[Exercise inputs — start]

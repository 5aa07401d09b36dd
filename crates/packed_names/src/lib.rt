//! The names of minor planets, in the printed and in the packed form of the Minor Planet Center.
//!
//! A minor planet is named by a number, by a provisional designation, or by a designation of one of four surveys. Each
//! name has one printed and one packed text, and each such text is one name's.
//!
//! **Printed.** A number is its digits without leading zeros: `100000`. A provisional designation is the year, a blank,
//! the letter of the half-month, the order letter, and the cycle without leading zeros, left out where it is 0:
//! `2024 EA1`. A survey designation is the number, a blank, and the survey's suffix: `2040 P-L`.
//!
//! **Packed.** A number has five characters: five digits up to 99,999; then a digit of base 62 (0 to 9, A to Z, a to z)
//! for the ten thousands and four digits, up to 619,999; then `~` and four digits of base 62 that count from 620,000. A
//! designation has seven. A provisional one up to order 15,500 has the century's letter (J for 19, K for 20), two
//! digits of the year, the half-month's letter, the cycle with its tens as a digit of base 62, and the order letter:
//! `K24E01A`. One of a later order, in the years 2000 to 2061, has `_`, the year from 2000 on as a digit of base 62,
//! the half-month's letter, and four digits of base 62 that count the orders from 15,501: `_OE0000`. A survey
//! designation has three letters of the survey and four digits: `PLS2040`.
//!
//! The rules are those of the Minor Planet Center's pages on new- and old-style designations and on packed
//! designations. The ranges of orders follow from the two packed forms. No call takes memory.
#![tactic(auto)]

mod half_month;
mod label;
pub mod laws;
mod letters;
mod name;
mod number;
mod packed;
mod printed;
mod provisional;
mod survey;

pub use half_month::HalfMonth;
pub use label::Label;
pub use name::{Designation, Name, NameFault, is_half_month, is_name};
pub use number::{GREATEST_NUMBER, Number};
pub use packed::{pack, unpack};
pub use printed::{print, print_half, read, read_half};
pub use provisional::{Provisional, limit};
pub use survey::Survey;
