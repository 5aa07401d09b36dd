//! The texts of answers. All of them are lines that end in a line feed.

ghost use Rattle.std.specs.Prelude.{◌≡◌, ◌++◌, OnOk, IfOk};
ghost use Rattle.act_model.specs.Texts.{receipt_line};
ghost use Rattle.comet_model.specs.Texts.{register_line};
ghost use Rattle.comet_model.specs.Texts.{comet_text, packed_comet_text, comet_words, comet_line, object_words};

use crate::named::NamedComet;
use act_model::{push_designation, receipt_answer};
use comet_names::{Comet, is_comet, pack_comet, print_comet};
use item_list::{Bytes, NoMemory};
use packed_names::Designation;
use std::alloc::Global;

/// Writes the printed form of a comet, and no text for a value that is none.
fn push_comet(out: &mut Bytes, comet: Comet) -> Result<(), NoMemory>
    ensures { OnOk result (out.new ≡ out.old ++ comet_text comet) }
{
    if is_comet(comet) {
        return out.extend_from_slice(print_comet(comet).as_slice());
    }
    Ok(())
}

/// Writes the packed form of a comet, and no text for a value that is none.
fn push_packed_comet(out: &mut Bytes, comet: Comet) -> Result<(), NoMemory>
    ensures { OnOk result (out.new ≡ out.old ++ packed_comet_text comet) }
{
    if is_comet(comet) {
        return out.extend_from_slice(&pack_comet(comet));
    }
    Ok(())
}

/// Writes `comet`, and both forms of the name.
#[tactic(auto, unfolding(crate::specs::Texts::comet_words))]
fn push_comet_words(out: &mut Bytes, comet: Comet) -> Result<(), NoMemory>
    ensures { OnOk result (out.new ≡ out.old ++ comet_words comet) }
{
    out.extend_from_slice(b"comet ")?;
    push_comet(out, comet)?;
    out.push(b' ')?;
    push_packed_comet(out, comet)
}

fn push_comet_line(out: &mut Bytes, comet: Comet) -> Result<(), NoMemory>
    ensures { OnOk result (out.new ≡ out.old ++ comet_line comet) }
{
    push_comet_words(out, comet)?;
    out.push(b'\n')
}

/// The answer to an act by which an object got this name and that became the entry with this receipt: the receipt, and
/// the name in its printed and its packed form.
///
/// # Errors
///
/// Memory was refused.
pub fn comet_answer(alloc: Global, receipt: u64, comet: Comet) -> Result<Bytes, NoMemory>
    ensures { IfOk result (λ text. text ≡ receipt_line receipt ++ comet_line comet) }
{
    let mut out = receipt_answer(alloc, receipt)?;
    push_comet_line(&mut out, comet)?;
    Ok(out)
}

/// Writes the designation beside which a name was given, and the principal one, each behind its word.
#[tactic(auto, unfolding(crate::specs::Texts::object_words))]
fn push_object_words(
    out: &mut Bytes,
    object: Designation,
    principal: Designation,
) -> Result<(), NoMemory>
    ensures { OnOk result (out.new ≡ out.old ++ object_words object principal) }
{
    out.extend_from_slice(b" object ")?;
    push_designation(out, object)?;
    out.extend_from_slice(b" principal ")?;
    push_designation(out, principal)
}

/// Writes the line of an object that has the name of a comet, where this is the principal designation of the object
/// now: both forms of the name, the designation beside which it was given, and the principal one.
///
/// # Errors
///
/// Memory was refused.
pub fn push_register_line(
    out: &mut Bytes,
    named: NamedComet,
    principal: Designation,
) -> Result<(), NoMemory>
    ensures { OnOk result (out.new ≡ out.old ++ register_line named principal) }
{
    push_comet_words(out, named.comet)?;
    push_object_words(out, named.object, principal)?;
    out.push(b'\n')
}
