//! A register of comets beside the office: what the founding officer asks of it, what it keeps and answers, and the
//! definitions by which every layer above says so.
//!
//! An object of the office that turns out to be a comet gets a comet's name beside its designation: a kind, the
//! half-month in which it was discovered, and a number that counts the comets of that half-month, C and P together. The
//! register is a list of acts of its own, each an entry as the office has them, and the founding officer alone keeps
//! it. The office's history stays as it is: the register reads it, in what it has of designations.
//!
//! Contracts see the types of this crate as the definitions in `specs/` have them, since every list in them is an
//! `ItemList`, whose value is the list.
#![tactic(auto)]

mod finding;
mod heard;
pub mod laws;
mod named;
mod naming;
mod reply;
mod request;
mod texts;
mod translation;

pub use finding::look_up;
pub use heard::{CometAsked, CometHeard, bytes_in, claimed, hear, read_comet_asked};
pub use named::{Found, NamedComet, half_in, named_in};
pub use naming::{Naming, read_naming};
pub use reply::{CometRefusal, CometReply, comet_reply_text, comet_status};
pub use request::{CometRequest, CometVerb, read_comet_verb};
pub use texts::{comet_answer, push_register_line};
pub use translation::{CometNames, translate};
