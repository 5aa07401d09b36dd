//! The packed form of names.

ghost use Rattle.std.specs.Prelude.{◌≡◌, ◌↔◌, IfOk};
ghost use Rattle.packed_names.specs.Judging.{is_in_range, answered};
ghost use Rattle.packed_names.specs.Labels.{IsLabelOf};
ghost use Rattle.packed_names.specs.Ranges.{IsName};
ghost use Rattle.packed_names.specs.Packed.{packed_text, packed_length, IsPackedAs, HasPackedShape, IsPackedName};
ghost use Rattle.packed_names.specs.PackedReading.{packed_in};

use crate::label::Label;
use crate::name::{Designation, Name, NameFault, judged};
use reading::packed_in;
use writing::{number_text, provisional_text, survey_text};

mod reading;
mod writing;

#[tactic(auto, unfolding(ascii_text::specs::Judged::answer_of))]
fn unpacked(text: &[u8]) -> Result<Name, NameFault>
    ensures exact { result ≡ answered is_in_range (packed_in text.now) }
    ensures in_range { IfOk result IsName }
{
    match packed_in(text) {
        Some(values) => judged(values),
        None => Err(NameFault::Spelling),
    }
}

/// The name that the text is the packed form of, as the Minor Planet Center's page on packed designations has it.
///
/// Any other text is `OutOfRange` where it has the shape of a packed name, as `00000` or `J24E00A`, the year 1924, and
/// `Spelling` where it has none, as `K24e00A`.
///
/// # Errors
///
/// `OutOfRange` where the text has the shape of a packed name, `Spelling` where it has none.
pub fn unpack(text: &[u8]) -> Result<Name, NameFault>
    ensures exact { result ≡ answered is_in_range (packed_in text.now) }
    ensures in_range { IfOk result IsName }

    ensures name { (name : Name) → (result ≡ Ok name) ↔ IsPackedAs name text.now }
    ensures out_of_range { (result ≡ Err NameFault.OutOfRange) ↔ (HasPackedShape text.now × ¬ IsPackedName text.now) }
    ensures spelling { (result ≡ Err NameFault.Spelling) ↔ (¬ HasPackedShape text.now) }
{
    ascii_text::laws::texts();
    unpacked(text)
}

fn packed(name: Name) -> Label
    requires { IsName name }
    ensures { IsLabelOf (packed_text name) result }
{
    let text = match name {
        Name::Number(number) => number_text(number.0),
        Name::Designation(Designation::Provisional(provisional)) => provisional_text(provisional),
        Name::Designation(Designation::Survey(survey, number)) => survey_text(survey, number),
    };
    Label::of(text.as_slice())
}

/// The packed form of the name, which is in range: five characters for a number, seven for a designation.
pub fn pack(name: Name) -> Label
    requires { IsName name }
    ensures text { IsLabelOf (packed_text name) result }
    ensures len { result.len ≡ packed_length name }
{
    ascii_text::laws::texts();
    packed(name)
}
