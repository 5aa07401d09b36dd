//! What is heard of a request before the register is asked.

ghost use Rattle.std.specs.Prelude.{◌≡◌, ◌≤◌, false, length, Ok, Err, IfOk, IfErr, IfNone};
ghost use Rattle.act_model.specs.declared.request.TheConstants.{BODY_BYTES};
ghost use Rattle.act_model.specs.Rows.{first_row};
ghost use Rattle.comet_model.specs.Hearing.{size_rows, bytes_in, is_number_of, number_claimed, hear};
ghost use Rattle.comet_model.specs.Requests.{is_act};
ghost use Rattle.comet_model.specs.Rows.{IsDue};
ghost use Rattle.comet_model.specs.Hearing.{naming_by, asked_of, if_empty, IsAskedInRange};

use crate::naming::{Naming, read_naming};
use crate::reply::CometRefusal;
use crate::request::{CometRequest, CometVerb};
use act_bodies::BodyFault;
use act_model::{BODY_BYTES, BODY_LINES, Body, Excess, Key, Part, line_feeds};
use std::alloc::Global;

/// What a request asks, where its body is one that its verb has.
#[derive(Clone, Copy, Debug, PartialEq, Eq)]
pub enum CometAsked {
    /// To give this object the name of a comet.
    Names(Naming),
    /// To tell all comets.
    Register,
    /// To translate the lines of the body.
    Translate,
}

/// A request as it was heard: its number, and what it asks. Whoever asks is the founding officer. What comes later in
/// the step takes it from here.
#[derive(Clone, Copy, Debug, PartialEq, Eq)]
pub struct CometHeard {
    /// The number, one that the verb may have.
    pub number: u64,
    /// What is asked.
    pub asked: CometAsked,
}

/// The refusal of a body that is too large.
fn size_refusal(bytes: &[u8]) -> Option<CometRefusal>
    ensures row { result ≡ first_row (size_rows bytes.now) }
    ensures short { IfNone result (length bytes.now ≤ BODY_BYTES) }
{
    let size = bytes.len() as u64;
    if size > BODY_BYTES {
        return Some(CometRefusal::TooLarge(Excess::Length(size)));
    }
    let lines = line_feeds(bytes);
    if lines > BODY_LINES {
        return Some(CometRefusal::TooLarge(Excess::Lines(lines)));
    }
    None
}

/// The bytes of a body that is small enough. It takes no memory.
///
/// # Errors
///
/// `TooLarge` for a body that was too long, or has too many lines, and `NoMemory` for one that there was no memory for.
pub fn bytes_in(body: &Body) -> Result<&[u8], CometRefusal>
    ensures bytes { IfOk result (λ bytes. bytes_in body.now ≡ Ok bytes.now) }
    ensures short { IfOk result (λ bytes. length bytes.now ≤ BODY_BYTES) }
    ensures refused { IfErr result (λ refusal. bytes_in body.now ≡ Err refusal) }
{
    match body {
        Body::Whole(bytes) => match size_refusal(bytes.as_slice()) {
            Some(refusal) => Err(refusal),
            None => Ok(bytes.as_slice()),
        },
        Body::TooLong(size) => Err(CometRefusal::TooLarge(Excess::Length(*size))),
        Body::NoRoom => Err(CometRefusal::NoMemory),
    }
}

/// Whether the number is one that a request of this verb may have.
fn is_number_of(verb: CometVerb, number: u64) -> bool
    ensures { result ≡ is_number_of verb number }
{
    if verb.is_act() {
        0 < number && number < 1_000_000_000_000_000_000
    } else {
        number == 0
    }
}

/// What a request says of itself before its body is read: its number, where its verb names something. It takes no
/// memory.
///
/// # Errors
///
/// `Unread` for a verb that names nothing, and then for a number that a request of the verb can't have.
pub fn claimed(verb: CometVerb, number: Option<u64>) -> Result<u64, CometRefusal>
    ensures { result ≡ number_claimed verb number }
{
    if verb.is_unknown() {
        return Err(CometRefusal::Unread(Part::Verb));
    }
    match number {
        Some(number) if is_number_of(verb, number) => Ok(number),
        _ => Err(CometRefusal::Unread(Part::Number)),
    }
}

/// What the body of an act asks.
#[tactic(auto, unfolding(crate::specs::Hearing::asked_of))]
fn read_act_asked(alloc: Global, body: &[u8]) -> Result<CometAsked, CometRefusal>
    ensures due { IsDue (asked_of CometVerb.Comet body.now) result }
    ensures range { IfOk result IsAskedInRange }
{
    match read_naming(alloc, body) {
        Ok(naming) => Ok(CometAsked::Names(naming)),
        Err(BodyFault::Unread) => Err(CometRefusal::Unread(Part::Body)),
        Err(BodyFault::NoMemory) => Err(CometRefusal::NoMemory),
    }
}

/// What a verb and a body ask: `comet` has a body as [`read_naming`] reads it, that of `register` is empty, and that of
/// `translate` may be any.
///
/// # Errors
///
/// `Unread` for the verb where it names nothing, and for the body where it isn't as the verb wants it; `NoMemory` where
/// memory was refused.
#[tactic(auto, unfolding(crate::specs::Hearing::asked_of))]
pub fn read_comet_asked(
    alloc: Global,
    verb: CometVerb,
    body: &[u8],
) -> Result<CometAsked, CometRefusal>
    ensures due { IsDue (asked_of verb body.now) result }
    ensures query { is_act verb ≡ false → result ≡ asked_of verb body.now }
    ensures range { IfOk result IsAskedInRange }
{
    match verb {
        CometVerb::Comet => read_act_asked(alloc, body),
        CometVerb::Register if body.is_empty() => Ok(CometAsked::Register),
        CometVerb::Register => Err(CometRefusal::Unread(Part::Body)),
        CometVerb::Translate => Ok(CometAsked::Translate),
        CometVerb::Unknown => Err(CometRefusal::Unread(Part::Verb)),
    }
}

/// What is heard of a request with these bytes: its number, and what it asks. For a query it takes no memory.
///
/// # Errors
///
/// `Unread` for the verb, the number and the body, in this order, and `UnknownKey` for a key that isn't the founding
/// officer's; `NoMemory` where memory was refused.
#[tactic(auto, unfolding(crate::specs::Hearing::hear))]
pub fn hear(
    alloc: Global,
    founder: &Key,
    request: &CometRequest,
    bytes: &[u8],
) -> Result<CometHeard, CometRefusal>
    ensures due { IsDue (hear founder.now request.now bytes.now) result }
    // Memory is asked for after what the request says of itself.
    ensures claimed { IfErr (number_claimed request.now.verb request.now.number) (λ refusal. result ≡ Err refusal) }
    ensures query { is_act request.now.verb ≡ false → result ≡ hear founder.now request.now bytes.now }
    ensures range { IfOk result (λ heard. IsAskedInRange heard.asked) }
{
    let number = match claimed(request.verb, request.number) {
        Ok(number) => number,
        Err(refusal) => return Err(refusal),
    };
    let asked = match read_comet_asked(alloc, request.verb, bytes) {
        Ok(asked) => asked,
        Err(refusal) => return Err(refusal),
    };
    if request.key.is(founder) {
        Ok(CometHeard { number, asked })
    } else {
        Err(CometRefusal::UnknownKey)
    }
}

[Exercise inputs — finish]

Brief –
Using the data above, transcribe the lines that run from the line with "in them is an" to the line with "form of names.", both ends kept, and output nothing else.

Finished exercise –
//! Contracts see the types of this crate as the definitions in `specs/` have them, since every list in them is an
//! `ItemList`, whose value is the list.
#![tactic(auto)]

mod finding;
mod heard;
pub mod laws;
mod named;
mod naming;
mod reply;
mod request;
mod texts;
mod translation;

pub use finding::look_up;
pub use heard::{CometAsked, CometHeard, bytes_in, claimed, hear, read_comet_asked};
pub use named::{Found, NamedComet, half_in, named_in};
pub use naming::{Naming, read_naming};
pub use reply::{CometRefusal, CometReply, comet_reply_text, comet_status};
pub use request::{CometRequest, CometVerb, read_comet_verb};
pub use texts::{comet_answer, push_register_line};
pub use translation::{CometNames, translate};
repository 5aa07401d09b36dd
//! The packed form of names.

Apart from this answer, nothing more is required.